SUDAHKAH MENDOAKAN ‘SI DIA’?
Ya, sudahkah kita mendoakan ‘calon istri’ kita?
Lho, kenal saja belum?
Mengapa tidak?!
Selama ini mungkin kita berdoa agar diberikan Allah jodoh, pasangan yang shaleh, yang baik, yang—mungkin—cerdas, pengertian, dan bla-bla-bla keinginan yang lain. Seseorang yang dapat menjadi partner untuk bahu membahu dalam mewujudkan—suatu hari nanti—keluarga yang sakinah mawaddah wa rahmah.

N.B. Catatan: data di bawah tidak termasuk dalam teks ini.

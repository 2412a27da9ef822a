//! The encoder of a codeword.
ghost use Rattle.std.specs.Prelude.{◌≡◌, ◌<◌, length, All};
ghost use Rattle.hpe_base.specs.Bits.{AreBits};
ghost use Rattle.hpe_base.specs.Codeword.{codeword};
ghost use Rattle.hpe_base.specs.Parameters.{block_bits, codeword_symbols, positions};

use hpe_base::{CODE_BITS, Profile};
use hpe_block::close_block;
use hpe_code::{CodeTables, outer_encode};
use hpe_ppm::{accumulate, symbols_of};

/// The most bits that enter the convolutional code for a codeword, those at rate 2/3.
const MOST_STEPS: usize = 10_080;

/// Room for a block with its check and termination.
fn blank_closed() -> [u8; MOST_STEPS]
    ensures { length result ≡ 10080 }
{
    [0; MOST_STEPS]
}

/// Room for the code bits of a codeword.
fn blank_codeword() -> [u8; CODE_BITS]
    ensures { length result ≡ 15120 }
{
    [0; CODE_BITS]
}

/// Encodes a block of information bits to the symbols of its codeword, each below the order's positions.
///
/// The block is randomised, checked and terminated, goes through the convolutional code with its puncturing, the code
/// interleaver and the accumulator, and is mapped to pulse positions. The codeword marker, the channel interleaver and
/// the repeats come later. All room is on the stack, about 40,000 octets.
pub fn encode_word(tables: &CodeTables, p: &Profile, block: &[u8], out: &mut [u8])
    requires bits { AreBits block.now }
    requires block { length block.now ≡ block_bits p.now.rate }
    requires out { length out.old ≡ codeword_symbols p.now.order }
    ensures value { out.new ≡ codeword p.now block.now }
    ensures below { All (λ s. s < positions p.now.order) out.new }
{
    let mut room = blank_closed();
    let closed = &mut room[..p.rate().steps()];
    close_block(p, block, closed);
    let mut kept = blank_codeword();
    outer_encode(p.columns(), closed, &mut kept);
    let mut woven = blank_codeword();
    tables.interleave(&kept, &mut woven);
    accumulate(&mut woven);
    symbols_of(p.order(), &woven, out);
}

Tapi, sudahkah kita hari ini mendoakannya? Ya hari ini, meski kita bahkan belum tahu siapa jodoh kita kelak. Mendoakan agar siapa pun dia, di mana pun dia, tetap istiqamah dalam agama, selalu bergerak dan mencintai kebaikan, serta dijauhkan dari segala keburukan.
Ya, entah siapapun dia, doakanlah. Meski kita belum mengenalnya. Meski kita tak tahu siapa jodoh kita, tapi bukankah Allah sudah mencatat, menentukan siapa ‘Dia’ di lauhl mahfudz? Semoga Allah menjaga ‘calon’ pasangan kita. Bukankah kita ingin pasangan yang baik, yang shaleh?
Maka lantunkanlah doa buatnya….
“Ya Allah, siapapun jodohku kelak, jagalah ia agar selalu istiqamah dalam agama-Mu, Semoga ia selalu mencintai-Mu, mencintai Rasul-Mu, mencintai orang-orang yang mencintai-Mu dan Rasul-Mu. Jagalah dia dari segala keburukan. Berikanlah kekuatan padanya untuk selalu menegakkan kalimat-Mu, menegakkan agama-Mu. Jauhkanlah ia dari kecintaan berlebihan pada dunia”.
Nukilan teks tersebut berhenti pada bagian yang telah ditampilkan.